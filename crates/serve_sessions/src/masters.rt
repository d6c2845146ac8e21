//! Accepting the masters of a line, and passing their sessions to the workers.

use crate::server_context::ServerContext;
use crossbeam_channel::Sender;
use dp_sessions::Job;
use log::Log;
use serve_log::Client;
use serve_sockets::{Accept, Awaited, ConnectionReader, ConnectionWriter, open_connection};
use std::io;
use std::net::{TcpListener, TcpStream};
use std::sync::Wait;
use std::time::Clock;

/// A session of a master on a connection, for a worker.
pub type MasterJob<'a, H> = Job<ConnectionReader<'a, H>, ConnectionWriter<'a, H>>;

/// Accepts the masters of a line, and passes their sessions to the workers.
#[derive(Drop)]
pub struct MasterAcceptor<'a, H: Wait> {
    /// The listener at the port for masters.
    pub listener: TcpListener,
    /// The index of the port among those of the workers.
    pub port: u8,
    /// The number of the line.
    pub line: u8,
    /// The queue of sessions for the workers.
    pub jobs: Sender<MasterJob<'a, H>>,
    /// What the threads share.
    pub context: &'a ServerContext<'a, H>,
}

impl<'a, H: Wait + Log + Clock> MasterAcceptor<'a, H> {
    /// Returns the session of a master on a connection.
    fn job_of(&self, stream: TcpStream) -> io::Result<MasterJob<'a, H>> {
        let (reader, writer) = open_connection(
            &self.context.sockets,
            self.line,
            stream,
            Client::Master,
            Awaited::Address,
        )?;
        Ok(Job {
            port: self.port,
            reader,
            writer,
        })
    }
}

impl<L: Wait + Log + Clock> Accept for MasterAcceptor<'_, L> {
    fn listener(&self) -> &TcpListener {
        &self.listener
    }

    fn take<H: Wait>(&self, rt: &H, stream: TcpStream) -> bool {
        match self.job_of(stream) {
            Ok(job) => {
                let context = self.context;
                context.sockets.notes.waits(rt, self.port);
                self.jobs.send(rt, job).is_ok()
            }
            Err(error) => {
                self.report(rt, error);
                true
            }
        }
    }

    fn report<H: Wait>(&self, rt: &H, error: io::Error) {
        let context = self.context;
        context
            .sockets
            .notes
            .cannot_accept(rt, self.line, Client::Master, error);
    }
}
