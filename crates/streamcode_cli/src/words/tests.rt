//! The words of a process that has these arguments.
ghost use Rattle.std.specs.Prelude.{◌≤◌, length, IfOk};

use super::*;
use std::test::Fail;

// A process whose arguments are the lines of a text, the program's name first. Each line has its newline.
#[derive(Drop)]
struct Arguments<'a> {
    lines: &'a [u8],
}

// The line with this number, without its newline.
fn line(lines: &[u8], number: usize) -> Option<&[u8]> {
    let mut rest = lines;
    for _ in 0..number {
        let end = rest.iter().position(|byte| *byte == b'\n')?;
        rest = &rest[end + 1..];
    }
    let end = rest.iter().position(|byte| *byte == b'\n')?;
    Some(&rest[..end])
}

fn fill(value: &[u8], buf: &mut [u8]) -> Result<usize, FillError>
    ensures { IfOk result (λ n. n ≤ length buf.new) }
{
    if value.len() > buf.len() {
        return Err(FillError::TooLong);
    }
    buf[..value.len()].copy_from_slice(value);
    Ok(value.len())
}

impl Env for Arguments<'_> {
    fn arg(&self, i: usize, buf: &mut [u8]) -> Result<usize, FillError> {
        match line(self.lines, i) {
            Some(value) => fill(value, buf),
            None => Err(FillError::NotPresent),
        }
    }

    fn var(&self, _name: &str, _buf: &mut [u8]) -> Result<usize, FillError> {
        Err(FillError::NotPresent)
    }

    fn var_at(&self, _i: usize, _buf: &mut [u8]) -> Result<usize, FillError> {
        Err(FillError::NotPresent)
    }
}

// The words as lines, and `None` where they have no form.
fn words_as_lines(alloc: Global, arguments: &[u8]) -> Result<Option<Vec<u8>>, Fail> {
    let process = Arguments { lines: arguments };
    let words = match read_words(&process, alloc) {
        Ok(words) => words,
        Err(End::Usage) => return Ok(None),
        Err(_) => return Err(Fail::from(NoMemory)),
    };
    let mut lines = Vec::new(alloc);
    for word in &words {
        lines.extend_from_slice(word.as_bytes())?;
        lines.push(b'\n')?;
    }
    Ok(Some(lines))
}

// Arguments, and the words that are read.
#[test]
fn words_of_a_process(rt: HostRuntime) -> Result<(), Fail> {
    let table: [(&[u8], Option<&[u8]>); 7] = [
        (b"streamcode\nlose\n3\n", Some(b"lose\n3\n")),
        (b"streamcode\n", Some(b"")),
        (b"", Some(b"")),
        (b"\xff/streamcode\nlose\n", Some(b"lose\n")),
        (b"\n\nl\xc3\xb6se\n", Some(b"\nl\xc3\xb6se\n")),
        (b"streamcode\nlose\n\xff\n", None),
        (b"streamcode\n\xc3\nlose\n", None),
    ];
    for (arguments, wanted) in table {
        match words_as_lines(rt.alloc(), arguments)? {
            Some(lines) => assert_eq!(rt; Some(lines.as_slice()), wanted, "{arguments:?}"),
            None => assert_eq!(rt; None, wanted, "{arguments:?}"),
        }
    }
    Ok(())
}

// A word may be longer than the room that words are first given.
#[test]
fn a_long_word(rt: HostRuntime) -> Result<(), Fail> {
    let mut arguments = vec![in rt.alloc(); b'1'; 131_071]?;
    arguments.push(b'\n')?;
    arguments.insert(0, b'\n')?;
    let lines = words_as_lines(rt.alloc(), arguments.as_slice())?;
    assert_eq!(rt; lines.map(|lines| lines.len()), Some(131_072));
    Ok(())
}
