//! The placement formula of a request: the rules that layouts keep, as a formula over numbered facts, and the
//! layout that an assignment of it describes.
#![tactic(auto)]

mod blocks;
mod decoding;
mod encoding;
mod grid;
mod having;
mod law;
mod narrowing;
mod numbering;
mod order;
mod reaching;
mod reading;
mod writing;

pub use blocks::Starts;
pub use decoding::decode;
pub use encoding::encode_place;
pub use having::has_formula;
pub use law::{laying_meets, meeting_keeps, unlaid_is_unmet};
pub use narrowing::{literal_of, narrow};
pub use numbering::Numbers;
pub use std::alloc::AllocError as Memory;
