//! The order in which the search places splitters.
ghost use Rattle.std.specs.Prelude.{◌≡◌, ◌<◌, ◌==◌, map, length, count_by, IfOk, OnOk};
ghost use Rattle.std.specs.List.{range_with_len, position_or_len};
ghost use Rattle.bt_place.specs.Numbering as numbering;
ghost use Rattle.bt_place.specs.PlaceFormula as formula;
ghost use Rattle.bt_place.specs.inner.Order.{IsNextPlaced};

use bt_demands::{enters, leaves};
use bt_net::{Edge, Net};
use std::alloc::{AllocError, Global};

/// Whether the edge goes from one of the placed splitters to this one, or from this one to one of those.
fn joins(placed: &[usize], splitter: usize, edge: Edge) -> bool
    ensures { result ≡ numbering.joins placed.now splitter edge }
{
    let mut rest = placed;
    while let Some((other, others)) = rest.split_first() {
        if leaves(*other, edge) && enters(splitter, edge)
            || leaves(splitter, edge) && enters(*other, edge)
        {
            return true;
        }
        rest = others;
    }
    false
}

/// The number of edges between the placed splitters and this one.
fn joining(edges: &[Edge], placed: &[usize], splitter: usize) -> usize
    ensures { result ≡ numbering.joining edges.now placed.now splitter }
{
    let mut count = 0;
    for edge in edges {
        if joins(placed, splitter, *edge) {
            count += 1;
        }
    }
    count
}

/// The place in `left` of the first splitter with the most edges to those that are placed; 0 where none is left.
fn first_most(edges: &[Edge], placed: &[usize], left: &[usize]) -> usize
    ensures { result ≡ numbering.first_most (map (numbering.joining edges.now placed.now) left.now) }
{
    let Some((first, others)) = left.split_first() else {
        return 0;
    };
    let mut most = joining(edges, placed, *first);
    let mut place = 0;
    let mut next = 1;
    let mut rest = others;
    while let Some((splitter, others)) = rest.split_first() {
        let count = joining(edges, placed, *splitter);
        if most < count {
            most = count;
            place = next;
        }
        next += 1;
        rest = others;
    }
    place
}

/// Moves behind the splitters that are placed the first of those that are left with the most edges to them.
fn place_next(
    edges: &[Edge],
    placed: &mut Vec<usize>,
    left: &mut Vec<usize>,
) -> Result<(), AllocError>
    requires { 0 < length left.old.items }
    ensures { OnOk result (IsNextPlaced edges.now placed.old.items left.old.items placed.new.items
        left.new.items) }
{
    let place = first_most(edges, placed, left);
    placed.push(left.remove(place))?;
    Ok(())
}

/// The numbers of so many splitters, from 0.
fn all_splitters(alloc: Global, splitters: usize) -> Result<Vec<usize>, AllocError>
    ensures { IfOk result (λ all. all.items ≡ range_with_len 0 splitters) }
{
    let mut all = Vec::new(alloc);
    for splitter in 0..splitters {
        all.push(splitter)?;
    }
    Ok(all)
}

/// The splitters in the order in which the search places them. The next one is that with the most edges to those that are
/// placed: it has the fewest places left, so what can't be shows soon.
fn splitter_order(alloc: Global, net: &Net) -> Result<Vec<usize>, AllocError>
    ensures { IfOk result (λ order. order.items ≡ formula.splitter_order net.now) }
{
    let edges = net.edges();
    let mut left = all_splitters(alloc, net.splitters() as usize)?;
    let mut placed = Vec::new(alloc);
    while !left.is_empty() {
        place_next(edges, &mut placed, &mut left)?;
    }
    Ok(placed)
}

/// The place of the splitter in an order; the order's length where it isn't there.
fn rank(order: &[usize], splitter: usize) -> usize
    ensures { result ≡ position_or_len (λ k. k == splitter) order.now }
{
    let mut place = 0;
    let mut rest = order;
    while let Some((other, others)) = rest.split_first() {
        if *other == splitter {
            return place;
        }
        place += 1;
        rest = others;
    }
    place
}

/// The place of each of so many splitters in an order.
fn ranks_in(alloc: Global, order: &[usize], splitters: usize) -> Result<Vec<usize>, AllocError>
    ensures { IfOk result (λ ranks. ranks.items
        ≡ map (λ s. position_or_len (λ k. k == s) order.now) (range_with_len 0 splitters)) }
{
    let mut ranks = Vec::new(alloc);
    for splitter in 0..splitters {
        ranks.push(rank(order, splitter))?;
    }
    Ok(ranks)
}

/// The rank of each splitter: its place in the order in which the search places them.
pub fn ranks_of(alloc: Global, net: &Net) -> Result<Vec<usize>, AllocError>
    ensures { IfOk result (λ ranks. ranks.items ≡ formula.ranks_of net.now) }
{
    let order = splitter_order(alloc, net)?;
    ranks_in(alloc, &order, net.splitters() as usize)
}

# WHAT THIS TASK INVOLVES:
Across the listing above, report every line where "value" occurs.

# RESPONSE:
fn fill(value: &[u8], buf: &mut [u8]) -> Result<usize, FillError>
    if value.len() > buf.len() {
    buf[..value.len()].copy_from_slice(value);
    Ok(value.len())
            Some(value) => fill(value, buf),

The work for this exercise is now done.